Background: The role of direct renin inhibitors in myocardial ischemia-induced heart failure is controversial. We hypothesized that direct renin inhibitors play a positive role, affecting in vivomyocardial function as well as in vitro extracellular matrix change.
Methods: Ten-week-old C57BL/6J male mice with 2-kidney 1-clip (2K1C) model were enrolled in this study. The mice were divided into 3 groups each with 18 mice; group 1 sham-operated, group 2 coronary artery ligationinduced heart failure, and group 3 coronary artery ligation-induced heart failure receiving aliskiren minipump infusion. These mice were assessed for systemic hemodynamics and left ventricular function by 2-dimensional echocardiography (iE33, Philips). Myocardial tissue was stained and crude protein was isolated from the nonischemic viable left ventricle. Myocardial tissue contents of anti-angiotensin II type 1 (AT1) receptor, matrix metalloproteinase (MMP)-2 and MMP-9 were examined.

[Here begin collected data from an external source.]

//! Regular files as a listing told of them. Of a file that is not there any more, or not as it was listed, no byte is
//! given.
ghost use Rattle.std.specs.Fs.{file_type, IsFile, metadata_len};
ghost use Rattle.std.specs.IoError.{error_kind};
ghost use Rattle.std.specs.declared.io.ErrorKind.TheVariants.{InvalidData, Other};
ghost use Rattle.std.specs.Prelude.{◌≡◌, ◌+◌, ◌≤◌, [], IfOk, IsTrue, OnOk, length, vec_len};

use crate::faults::is_absence_at;
use std::alloc::{AllocError, Global};
use std::fs::{self, Metadata, OpenFile};
use std::io;
use std::os::unix::fs::{FileExt, MetadataExt};
use std::rt::Files;

/// Which file of the system it is: its number, and that of its device. A file keeps it as long as it is there, under
/// all its names.
#[derive(Clone, Copy)]
pub struct FileNumber {
    device: u64,
    inode: u64,
}

impl FileNumber {
    /// The number of the file that the system describes so.
    pub fn of(metadata: &Metadata) -> FileNumber {
        FileNumber {
            device: metadata.dev(),
            inode: metadata.ino(),
        }
    }

    /// Whether it is the same file.
    pub fn is(self, other: FileNumber) -> bool {
        self.inode == other.inode && self.device == other.device
    }
}

/// What a listing told of a regular file.
#[derive(Clone, Copy)]
pub(crate) struct ListedFile {
    pub(crate) number: FileNumber,
    pub(crate) length: u64,
}

impl ListedFile {
    /// What is kept of what the system told.
    pub(crate) fn of(metadata: &Metadata) -> ListedFile
        ensures { result.length ≡ metadata_len metadata.now }
    {
        ListedFile {
            number: FileNumber::of(metadata),
            length: metadata.len(),
        }
    }

    /// Whether the system tells the same now: of the same regular file, and the same length.
    pub(crate) fn is_still(&self, metadata: &Metadata) -> bool
        ensures { IsTrue result → IsFile (file_type metadata.now) × (metadata_len metadata.now ≡ self.now.length) }
    {
        metadata.is_file()
            && metadata.len() == self.length
            && self.number.is(FileNumber::of(metadata))
    }
}

/// What a listing told of files, in their order; or of so many files that it told nothing.
#[derive(Drop)]
pub(crate) struct ListedFiles {
    /// How many bytes each has; 0 of one of which nothing was told.
    pub(crate) lengths: Vec<u64>,
    /// Which file each is; none if nothing was told.
    numbers: Vec<FileNumber>,
}

impl ListedFiles {
    /// Of no file.
    pub(crate) fn none(alloc: Global) -> ListedFiles
        ensures { result.lengths.items ≡ [] }
    {
        ListedFiles {
            lengths: Vec::new(alloc),
            numbers: Vec::new(alloc),
        }
    }

    /// Of so many files, of which nothing was told.
    pub(crate) fn untold(alloc: Global, count: usize) -> Result<ListedFiles, AllocError>
        ensures { IfOk result (λ listed. vec_len listed.lengths ≡ count) }
    {
        Ok(ListedFiles {
            lengths: vec![in alloc; 0; count]?,
            numbers: Vec::new(alloc),
        })
    }

    /// Of one file more.
    pub(crate) fn push(&mut self, file: ListedFile) -> Result<(), AllocError>
        ensures { OnOk result (vec_len self.new.lengths ≡ vec_len self.old.lengths + 1) }
    {
        self.lengths.push(file.length)?;
        self.numbers.push(file.number)?;
        Ok(())
    }

    /// What was told of a file.
    pub(crate) fn get(&self, file: usize) -> Option<ListedFile> {
        match (self.numbers.get(file), self.lengths.get(file)) {
            (Some(number), Some(length)) => Some(ListedFile {
                number: *number,
                length: *length,
            }),
            _ => None,
        }
    }

    /// Whether the files were listed, and one is this very one; None if they were not.
    pub(crate) fn has(&self, file: &Metadata) -> Option<bool> {
        if self.numbers.is_empty() {
            return None;
        }
        let number = FileNumber::of(file);
        Some(self.numbers.iter().any(|listed| listed.is(number)))
    }
}

/// That a file tells of no byte, and gives one.
pub(crate) fn untold() -> io::Error
    ensures { error_kind result ≡ Other }
{
    io::Error::other("it tells of no byte, and gives one")
}

/// That a file is not as it was listed.
pub(crate) fn changed() -> io::Error
    ensures { error_kind result ≡ InvalidData }
{
    io::Error::from(io::ErrorKind::InvalidData)
}

/// The file that was listed at a place, opened to be read; None if it is not there, or no longer as it was listed. It
/// is compared with the listing right before it is opened, since opening a FIFO would wait, and again once it is open,
/// so that what replaces it in between gives nothing.
pub(crate) fn open_listed<R: Files>(
    rt: &R,
    place: &str,
    listed: &ListedFile,
) -> io::Result<Option<R::File>> {
    match open_if_still(rt, place, listed) {
        Err(fault) if is_absence_at(place, fault.kind()) => Ok(None),
        opened => opened,
    }
}

// As `open_listed`, but that nothing is there is a fault.
fn open_if_still<R: Files>(
    rt: &R,
    place: &str,
    listed: &ListedFile,
) -> io::Result<Option<R::File>> {
    if !listed.is_still(&rt.metadata(place)?) {
        return Ok(None);
    }
    let file = fs::open(rt, place)?;
    if listed.is_still(&file.metadata()?) {
        Ok(Some(file))
    } else {
        Ok(None)
    }
}

/// One read of the file that was listed at a place; it gives nothing if the file is no more as it was listed, and from
/// its end on, where the system may refuse a read.
pub(crate) fn read_listed<R: Files>(
    rt: &R,
    place: &str,
    listed: &ListedFile,
    start: u64,
    buffer: &mut [u8],
) -> io::Result<usize>
where
    R::File: FileExt,
    ensures { IfOk result (λ count. count ≤ length buffer.old) }
{
    match open_listed(rt, place, listed)? {
        Some(file) if start < listed.length => file.read_at(buffer, start),
        _ => Ok(0),
    }
}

Results: There were 54 mice that received 2K1C and were followed up for three weeks. Baseline characteristics showed no difference. At follow-up, the heart failure-only group had greater left ventricular mass and worse systolic function as compared to the sham group. Whereas the heart failure-aliskiren group had lower left ventricle mass and better systolic function as compared to the heart failure-only group. AT1 receptor, MMP-2 and MMP-9 levels were increased in the heart failure-only model while direct renin inhibitor attenuated this significantly.
Conclusions: Direct renin inhibitors improved myocardial function in a myocardial ischemia-induced heart failure mouse model. The improvement seen is present in myocardial mass, left ventricular systolic function and also in myocardial interstitial tissue.